TASK INSTRUCTIONS
Please take the lines from the one holding "filename crates/sample_tests/src/notices.rt" through the one holding "let before = [State::Quiet, State::Breaching, State::NoData];" in the data below and copy them exactly.

Dataset entries:

"""

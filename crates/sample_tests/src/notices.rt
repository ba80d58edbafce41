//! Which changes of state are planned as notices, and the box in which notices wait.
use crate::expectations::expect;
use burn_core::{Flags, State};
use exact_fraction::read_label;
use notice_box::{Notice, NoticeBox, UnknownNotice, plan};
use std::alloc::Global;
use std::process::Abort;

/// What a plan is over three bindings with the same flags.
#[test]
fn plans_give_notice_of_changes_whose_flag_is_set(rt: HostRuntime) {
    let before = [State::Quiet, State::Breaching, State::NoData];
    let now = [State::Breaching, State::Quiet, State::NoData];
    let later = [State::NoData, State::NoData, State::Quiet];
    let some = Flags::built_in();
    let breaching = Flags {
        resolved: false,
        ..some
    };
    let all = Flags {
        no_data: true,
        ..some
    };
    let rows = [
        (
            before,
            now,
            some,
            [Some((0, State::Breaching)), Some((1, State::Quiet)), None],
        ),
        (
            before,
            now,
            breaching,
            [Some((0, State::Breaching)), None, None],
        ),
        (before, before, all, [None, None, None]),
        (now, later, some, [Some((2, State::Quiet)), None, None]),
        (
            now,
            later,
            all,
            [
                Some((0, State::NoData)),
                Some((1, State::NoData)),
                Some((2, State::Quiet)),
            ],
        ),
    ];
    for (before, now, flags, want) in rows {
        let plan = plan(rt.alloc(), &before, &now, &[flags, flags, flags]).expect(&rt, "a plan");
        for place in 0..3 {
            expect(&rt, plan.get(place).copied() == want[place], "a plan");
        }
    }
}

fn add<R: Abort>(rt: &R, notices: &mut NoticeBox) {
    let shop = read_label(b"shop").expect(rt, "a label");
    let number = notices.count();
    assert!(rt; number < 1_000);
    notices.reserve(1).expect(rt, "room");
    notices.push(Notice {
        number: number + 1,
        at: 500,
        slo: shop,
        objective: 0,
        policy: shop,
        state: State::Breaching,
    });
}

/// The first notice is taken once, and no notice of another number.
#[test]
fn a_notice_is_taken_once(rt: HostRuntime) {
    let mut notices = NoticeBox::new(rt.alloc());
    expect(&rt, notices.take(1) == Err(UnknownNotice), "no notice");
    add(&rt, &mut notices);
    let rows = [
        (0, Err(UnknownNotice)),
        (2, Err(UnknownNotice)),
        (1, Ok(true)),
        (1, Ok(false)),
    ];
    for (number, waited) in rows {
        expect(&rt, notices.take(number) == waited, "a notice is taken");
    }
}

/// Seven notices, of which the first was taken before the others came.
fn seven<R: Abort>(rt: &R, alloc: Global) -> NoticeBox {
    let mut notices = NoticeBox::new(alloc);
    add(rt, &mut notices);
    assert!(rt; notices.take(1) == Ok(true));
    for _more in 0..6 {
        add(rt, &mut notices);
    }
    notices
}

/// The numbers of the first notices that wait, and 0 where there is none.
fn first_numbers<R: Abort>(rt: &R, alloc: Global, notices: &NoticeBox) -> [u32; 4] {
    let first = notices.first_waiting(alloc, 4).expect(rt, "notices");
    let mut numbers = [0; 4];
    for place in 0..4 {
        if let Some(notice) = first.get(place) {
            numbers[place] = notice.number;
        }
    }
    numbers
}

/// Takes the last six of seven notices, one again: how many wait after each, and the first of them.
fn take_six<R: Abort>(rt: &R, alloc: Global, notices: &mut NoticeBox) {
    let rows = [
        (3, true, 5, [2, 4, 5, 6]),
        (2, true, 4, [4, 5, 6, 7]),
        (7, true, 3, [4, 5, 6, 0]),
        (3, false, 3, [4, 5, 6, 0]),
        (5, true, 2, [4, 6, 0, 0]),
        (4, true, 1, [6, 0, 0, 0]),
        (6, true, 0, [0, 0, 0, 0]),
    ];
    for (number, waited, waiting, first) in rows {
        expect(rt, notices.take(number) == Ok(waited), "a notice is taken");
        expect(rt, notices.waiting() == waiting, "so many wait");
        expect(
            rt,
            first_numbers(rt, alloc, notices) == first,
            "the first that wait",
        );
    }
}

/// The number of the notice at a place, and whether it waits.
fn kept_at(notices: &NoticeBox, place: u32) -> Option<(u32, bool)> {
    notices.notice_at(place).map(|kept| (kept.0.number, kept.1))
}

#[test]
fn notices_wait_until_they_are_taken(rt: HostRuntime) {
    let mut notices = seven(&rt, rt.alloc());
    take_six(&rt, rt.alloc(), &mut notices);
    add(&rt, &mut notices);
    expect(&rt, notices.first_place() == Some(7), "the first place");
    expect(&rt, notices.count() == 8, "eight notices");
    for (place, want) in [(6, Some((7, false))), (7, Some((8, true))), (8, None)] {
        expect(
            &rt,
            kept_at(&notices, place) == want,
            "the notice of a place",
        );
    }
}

"""
"""

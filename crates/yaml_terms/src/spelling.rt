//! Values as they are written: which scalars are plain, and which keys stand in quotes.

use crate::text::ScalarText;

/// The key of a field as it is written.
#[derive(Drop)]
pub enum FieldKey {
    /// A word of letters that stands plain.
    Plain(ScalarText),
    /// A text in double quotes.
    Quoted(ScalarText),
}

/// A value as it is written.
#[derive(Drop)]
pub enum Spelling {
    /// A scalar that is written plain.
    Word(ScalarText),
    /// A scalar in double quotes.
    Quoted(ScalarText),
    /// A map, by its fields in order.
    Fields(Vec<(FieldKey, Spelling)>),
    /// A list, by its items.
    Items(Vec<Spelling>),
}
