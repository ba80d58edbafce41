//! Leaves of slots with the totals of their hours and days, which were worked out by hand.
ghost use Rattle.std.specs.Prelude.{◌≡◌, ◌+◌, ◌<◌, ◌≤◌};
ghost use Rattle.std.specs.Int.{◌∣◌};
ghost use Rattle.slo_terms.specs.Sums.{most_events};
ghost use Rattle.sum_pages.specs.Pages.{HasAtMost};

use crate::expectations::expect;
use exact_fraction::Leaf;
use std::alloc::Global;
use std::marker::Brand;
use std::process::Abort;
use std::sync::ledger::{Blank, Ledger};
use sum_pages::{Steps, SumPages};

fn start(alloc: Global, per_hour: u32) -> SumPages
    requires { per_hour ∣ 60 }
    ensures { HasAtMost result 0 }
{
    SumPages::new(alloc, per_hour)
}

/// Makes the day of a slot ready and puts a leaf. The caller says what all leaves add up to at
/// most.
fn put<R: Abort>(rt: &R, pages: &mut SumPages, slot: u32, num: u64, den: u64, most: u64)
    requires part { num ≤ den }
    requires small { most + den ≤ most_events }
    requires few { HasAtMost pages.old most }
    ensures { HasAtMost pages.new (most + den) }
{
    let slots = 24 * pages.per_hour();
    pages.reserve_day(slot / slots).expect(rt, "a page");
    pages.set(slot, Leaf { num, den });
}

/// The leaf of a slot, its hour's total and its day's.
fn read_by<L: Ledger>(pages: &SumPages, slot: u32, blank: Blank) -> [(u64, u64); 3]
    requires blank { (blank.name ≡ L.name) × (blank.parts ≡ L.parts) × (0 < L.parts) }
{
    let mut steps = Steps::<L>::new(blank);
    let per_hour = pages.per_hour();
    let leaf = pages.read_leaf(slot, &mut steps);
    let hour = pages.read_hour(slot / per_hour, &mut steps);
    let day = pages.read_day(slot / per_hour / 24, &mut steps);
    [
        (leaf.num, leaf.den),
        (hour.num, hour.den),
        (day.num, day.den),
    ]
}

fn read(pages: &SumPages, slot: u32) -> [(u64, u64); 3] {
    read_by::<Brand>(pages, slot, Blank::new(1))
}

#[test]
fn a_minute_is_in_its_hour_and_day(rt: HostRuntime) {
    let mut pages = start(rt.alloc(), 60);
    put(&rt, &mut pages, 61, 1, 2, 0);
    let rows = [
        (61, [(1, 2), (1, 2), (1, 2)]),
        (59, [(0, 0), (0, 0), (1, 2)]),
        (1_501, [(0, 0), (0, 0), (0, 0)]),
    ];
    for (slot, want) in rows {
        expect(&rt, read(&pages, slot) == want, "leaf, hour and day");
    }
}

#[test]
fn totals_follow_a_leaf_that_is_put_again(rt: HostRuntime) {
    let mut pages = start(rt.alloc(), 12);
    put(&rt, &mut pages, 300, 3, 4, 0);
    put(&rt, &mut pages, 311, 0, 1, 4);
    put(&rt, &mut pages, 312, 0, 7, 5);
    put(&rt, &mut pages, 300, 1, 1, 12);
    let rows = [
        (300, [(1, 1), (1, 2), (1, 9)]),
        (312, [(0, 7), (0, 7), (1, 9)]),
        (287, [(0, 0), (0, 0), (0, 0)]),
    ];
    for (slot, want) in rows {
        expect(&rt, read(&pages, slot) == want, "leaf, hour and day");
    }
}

"""
"""

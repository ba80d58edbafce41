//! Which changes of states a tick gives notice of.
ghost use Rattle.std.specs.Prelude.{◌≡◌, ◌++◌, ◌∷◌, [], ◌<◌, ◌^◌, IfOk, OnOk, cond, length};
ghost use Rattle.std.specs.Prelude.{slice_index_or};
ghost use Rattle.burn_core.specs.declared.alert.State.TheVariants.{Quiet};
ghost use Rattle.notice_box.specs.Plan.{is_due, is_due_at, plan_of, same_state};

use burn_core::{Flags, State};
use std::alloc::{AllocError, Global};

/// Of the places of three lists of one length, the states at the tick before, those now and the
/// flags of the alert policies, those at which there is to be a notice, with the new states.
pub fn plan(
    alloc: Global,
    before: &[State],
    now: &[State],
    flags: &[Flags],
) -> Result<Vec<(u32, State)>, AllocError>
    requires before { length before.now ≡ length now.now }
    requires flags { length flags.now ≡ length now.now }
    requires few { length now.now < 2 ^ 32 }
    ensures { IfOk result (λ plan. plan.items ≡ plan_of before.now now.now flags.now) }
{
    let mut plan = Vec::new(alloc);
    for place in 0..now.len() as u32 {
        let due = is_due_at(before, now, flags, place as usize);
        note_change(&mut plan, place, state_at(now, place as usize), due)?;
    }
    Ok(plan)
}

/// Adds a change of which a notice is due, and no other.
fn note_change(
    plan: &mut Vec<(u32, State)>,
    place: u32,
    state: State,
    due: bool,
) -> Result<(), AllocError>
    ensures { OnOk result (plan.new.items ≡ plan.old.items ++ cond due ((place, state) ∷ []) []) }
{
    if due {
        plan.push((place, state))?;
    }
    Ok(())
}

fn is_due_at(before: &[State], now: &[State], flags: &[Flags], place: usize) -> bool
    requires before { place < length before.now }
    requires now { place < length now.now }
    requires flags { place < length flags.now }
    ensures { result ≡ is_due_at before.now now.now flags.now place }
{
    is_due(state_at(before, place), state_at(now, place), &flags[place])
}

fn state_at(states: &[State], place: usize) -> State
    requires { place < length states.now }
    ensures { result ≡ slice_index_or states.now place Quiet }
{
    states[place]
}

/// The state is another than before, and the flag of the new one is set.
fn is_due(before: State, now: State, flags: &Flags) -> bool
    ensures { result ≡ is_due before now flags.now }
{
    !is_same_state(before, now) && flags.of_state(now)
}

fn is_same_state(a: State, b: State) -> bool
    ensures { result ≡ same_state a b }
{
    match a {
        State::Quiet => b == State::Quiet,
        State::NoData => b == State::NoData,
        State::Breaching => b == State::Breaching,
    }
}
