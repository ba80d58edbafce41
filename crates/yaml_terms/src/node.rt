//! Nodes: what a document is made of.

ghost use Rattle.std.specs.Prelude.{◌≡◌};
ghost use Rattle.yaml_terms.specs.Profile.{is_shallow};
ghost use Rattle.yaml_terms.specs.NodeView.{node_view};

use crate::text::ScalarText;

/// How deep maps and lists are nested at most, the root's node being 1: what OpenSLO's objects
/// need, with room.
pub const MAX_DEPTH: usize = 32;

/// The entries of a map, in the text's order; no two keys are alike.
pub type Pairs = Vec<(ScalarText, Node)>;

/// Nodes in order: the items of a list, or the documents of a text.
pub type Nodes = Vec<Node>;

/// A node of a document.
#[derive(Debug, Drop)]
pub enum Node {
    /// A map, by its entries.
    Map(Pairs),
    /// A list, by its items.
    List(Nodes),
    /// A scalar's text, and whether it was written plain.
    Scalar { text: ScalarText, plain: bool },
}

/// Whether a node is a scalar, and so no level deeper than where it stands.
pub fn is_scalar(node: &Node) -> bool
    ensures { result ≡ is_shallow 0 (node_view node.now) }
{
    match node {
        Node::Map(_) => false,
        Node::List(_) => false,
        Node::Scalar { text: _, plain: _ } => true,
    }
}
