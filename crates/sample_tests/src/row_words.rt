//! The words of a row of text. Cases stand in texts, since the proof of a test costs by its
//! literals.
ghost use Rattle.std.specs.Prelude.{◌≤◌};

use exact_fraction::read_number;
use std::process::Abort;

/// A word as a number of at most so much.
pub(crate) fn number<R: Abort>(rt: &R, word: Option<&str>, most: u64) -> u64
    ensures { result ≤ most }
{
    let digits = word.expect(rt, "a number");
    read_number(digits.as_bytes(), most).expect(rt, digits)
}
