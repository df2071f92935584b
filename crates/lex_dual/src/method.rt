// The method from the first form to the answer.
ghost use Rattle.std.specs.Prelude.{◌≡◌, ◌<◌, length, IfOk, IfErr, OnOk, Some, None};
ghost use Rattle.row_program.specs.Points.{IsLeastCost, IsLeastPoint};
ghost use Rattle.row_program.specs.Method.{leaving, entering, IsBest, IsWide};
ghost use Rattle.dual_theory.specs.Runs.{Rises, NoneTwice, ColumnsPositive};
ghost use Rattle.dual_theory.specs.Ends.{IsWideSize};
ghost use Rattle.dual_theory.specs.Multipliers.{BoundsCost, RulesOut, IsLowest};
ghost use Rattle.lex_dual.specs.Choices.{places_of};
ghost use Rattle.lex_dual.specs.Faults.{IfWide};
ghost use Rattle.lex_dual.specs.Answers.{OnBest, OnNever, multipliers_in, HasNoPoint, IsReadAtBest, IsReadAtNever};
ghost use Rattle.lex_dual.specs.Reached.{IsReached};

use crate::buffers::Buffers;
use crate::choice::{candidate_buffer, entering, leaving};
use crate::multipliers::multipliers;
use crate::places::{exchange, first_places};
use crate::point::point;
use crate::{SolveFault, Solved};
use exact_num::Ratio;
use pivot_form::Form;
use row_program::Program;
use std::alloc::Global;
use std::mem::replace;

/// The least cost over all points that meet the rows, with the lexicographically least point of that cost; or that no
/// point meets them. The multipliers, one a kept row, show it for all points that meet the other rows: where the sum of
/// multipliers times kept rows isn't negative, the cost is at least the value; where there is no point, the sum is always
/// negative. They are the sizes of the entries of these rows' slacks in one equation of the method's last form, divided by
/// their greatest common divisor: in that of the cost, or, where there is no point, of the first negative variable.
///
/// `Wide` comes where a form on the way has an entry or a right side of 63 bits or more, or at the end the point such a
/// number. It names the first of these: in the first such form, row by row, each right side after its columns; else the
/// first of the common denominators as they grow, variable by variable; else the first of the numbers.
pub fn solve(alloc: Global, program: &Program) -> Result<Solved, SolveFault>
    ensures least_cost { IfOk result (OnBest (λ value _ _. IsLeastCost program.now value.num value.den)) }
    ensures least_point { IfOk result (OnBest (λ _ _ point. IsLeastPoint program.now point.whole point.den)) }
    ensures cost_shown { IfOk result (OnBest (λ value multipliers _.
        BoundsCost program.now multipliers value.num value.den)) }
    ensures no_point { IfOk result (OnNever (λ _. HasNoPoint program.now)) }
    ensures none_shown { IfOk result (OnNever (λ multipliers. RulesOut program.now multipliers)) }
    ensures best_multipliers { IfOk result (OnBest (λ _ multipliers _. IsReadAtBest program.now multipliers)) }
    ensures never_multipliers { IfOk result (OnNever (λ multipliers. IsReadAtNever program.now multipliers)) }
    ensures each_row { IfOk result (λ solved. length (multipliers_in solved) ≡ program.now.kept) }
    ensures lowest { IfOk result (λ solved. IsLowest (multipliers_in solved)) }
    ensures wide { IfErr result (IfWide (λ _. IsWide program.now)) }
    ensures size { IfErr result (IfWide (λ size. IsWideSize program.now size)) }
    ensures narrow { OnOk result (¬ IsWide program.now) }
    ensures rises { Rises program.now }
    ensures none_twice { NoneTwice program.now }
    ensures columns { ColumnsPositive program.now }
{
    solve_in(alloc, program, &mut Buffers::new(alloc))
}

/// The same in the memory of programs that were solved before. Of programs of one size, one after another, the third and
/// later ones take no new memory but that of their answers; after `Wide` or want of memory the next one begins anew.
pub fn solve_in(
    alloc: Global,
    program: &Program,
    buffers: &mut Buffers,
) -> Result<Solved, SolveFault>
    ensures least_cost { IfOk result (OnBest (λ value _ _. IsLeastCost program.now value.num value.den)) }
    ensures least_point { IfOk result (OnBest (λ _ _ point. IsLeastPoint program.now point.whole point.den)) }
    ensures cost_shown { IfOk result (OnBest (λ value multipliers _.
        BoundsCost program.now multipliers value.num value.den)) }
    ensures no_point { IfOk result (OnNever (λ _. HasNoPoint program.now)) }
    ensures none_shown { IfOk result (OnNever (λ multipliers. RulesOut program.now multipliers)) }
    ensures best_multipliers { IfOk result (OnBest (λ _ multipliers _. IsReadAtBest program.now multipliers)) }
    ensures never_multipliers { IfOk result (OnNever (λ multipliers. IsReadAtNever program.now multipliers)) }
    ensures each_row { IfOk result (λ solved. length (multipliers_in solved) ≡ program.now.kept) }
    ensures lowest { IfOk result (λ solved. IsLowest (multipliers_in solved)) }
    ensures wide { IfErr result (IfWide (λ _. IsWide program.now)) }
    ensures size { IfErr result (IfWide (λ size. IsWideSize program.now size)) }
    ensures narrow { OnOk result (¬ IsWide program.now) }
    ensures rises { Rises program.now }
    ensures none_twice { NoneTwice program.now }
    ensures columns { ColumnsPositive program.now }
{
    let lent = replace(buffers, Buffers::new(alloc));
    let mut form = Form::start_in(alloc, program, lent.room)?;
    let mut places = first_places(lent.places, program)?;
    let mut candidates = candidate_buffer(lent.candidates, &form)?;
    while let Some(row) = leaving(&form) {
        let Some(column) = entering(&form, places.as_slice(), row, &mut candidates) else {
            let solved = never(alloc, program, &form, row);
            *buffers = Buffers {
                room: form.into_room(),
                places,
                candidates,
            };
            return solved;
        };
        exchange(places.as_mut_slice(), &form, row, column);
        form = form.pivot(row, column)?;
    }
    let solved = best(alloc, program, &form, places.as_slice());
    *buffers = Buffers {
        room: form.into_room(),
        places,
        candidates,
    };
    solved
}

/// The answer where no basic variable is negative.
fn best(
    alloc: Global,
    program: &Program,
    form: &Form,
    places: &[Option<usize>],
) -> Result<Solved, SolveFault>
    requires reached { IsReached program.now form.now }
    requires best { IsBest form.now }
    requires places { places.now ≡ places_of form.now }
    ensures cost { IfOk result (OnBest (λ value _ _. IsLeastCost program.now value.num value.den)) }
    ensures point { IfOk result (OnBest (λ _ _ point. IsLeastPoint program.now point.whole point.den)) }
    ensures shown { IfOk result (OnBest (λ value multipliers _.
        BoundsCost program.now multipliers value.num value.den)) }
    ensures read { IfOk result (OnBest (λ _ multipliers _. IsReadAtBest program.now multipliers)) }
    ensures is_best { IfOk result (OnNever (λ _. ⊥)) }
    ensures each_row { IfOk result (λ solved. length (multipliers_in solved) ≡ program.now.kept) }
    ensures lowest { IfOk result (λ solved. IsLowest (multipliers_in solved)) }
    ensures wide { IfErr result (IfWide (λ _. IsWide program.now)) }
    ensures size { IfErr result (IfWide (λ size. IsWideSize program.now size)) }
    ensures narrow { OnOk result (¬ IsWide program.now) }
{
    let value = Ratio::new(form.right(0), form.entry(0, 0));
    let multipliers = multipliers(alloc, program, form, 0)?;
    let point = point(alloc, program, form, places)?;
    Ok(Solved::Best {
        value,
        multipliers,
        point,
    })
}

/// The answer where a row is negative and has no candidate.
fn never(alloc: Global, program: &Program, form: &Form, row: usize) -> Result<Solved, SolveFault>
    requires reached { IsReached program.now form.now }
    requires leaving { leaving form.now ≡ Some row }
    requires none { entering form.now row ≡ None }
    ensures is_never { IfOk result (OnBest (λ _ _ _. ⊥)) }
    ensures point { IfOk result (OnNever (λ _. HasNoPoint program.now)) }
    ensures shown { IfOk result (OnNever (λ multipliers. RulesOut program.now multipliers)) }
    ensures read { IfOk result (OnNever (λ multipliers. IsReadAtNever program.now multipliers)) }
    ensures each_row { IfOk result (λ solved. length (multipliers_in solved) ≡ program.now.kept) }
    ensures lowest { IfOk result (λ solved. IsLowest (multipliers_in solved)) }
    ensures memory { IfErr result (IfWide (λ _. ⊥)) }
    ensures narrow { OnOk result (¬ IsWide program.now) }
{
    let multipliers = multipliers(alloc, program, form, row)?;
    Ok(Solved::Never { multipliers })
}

"""

EXERCISE RESULT
filename crates/sample_tests/src/notices.rt
repository ba80d58edbafce41
//! Which changes of state are planned as notices, and the box in which notices wait.
use crate::expectations::expect;
use burn_core::{Flags, State};
use exact_fraction::read_label;
use notice_box::{Notice, NoticeBox, UnknownNotice, plan};
use std::alloc::Global;
use std::process::Abort;

/// What a plan is over three bindings with the same flags.
#[test]
fn plans_give_notice_of_changes_whose_flag_is_set(rt: HostRuntime) {
    let before = [State::Quiet, State::Breaching, State::NoData];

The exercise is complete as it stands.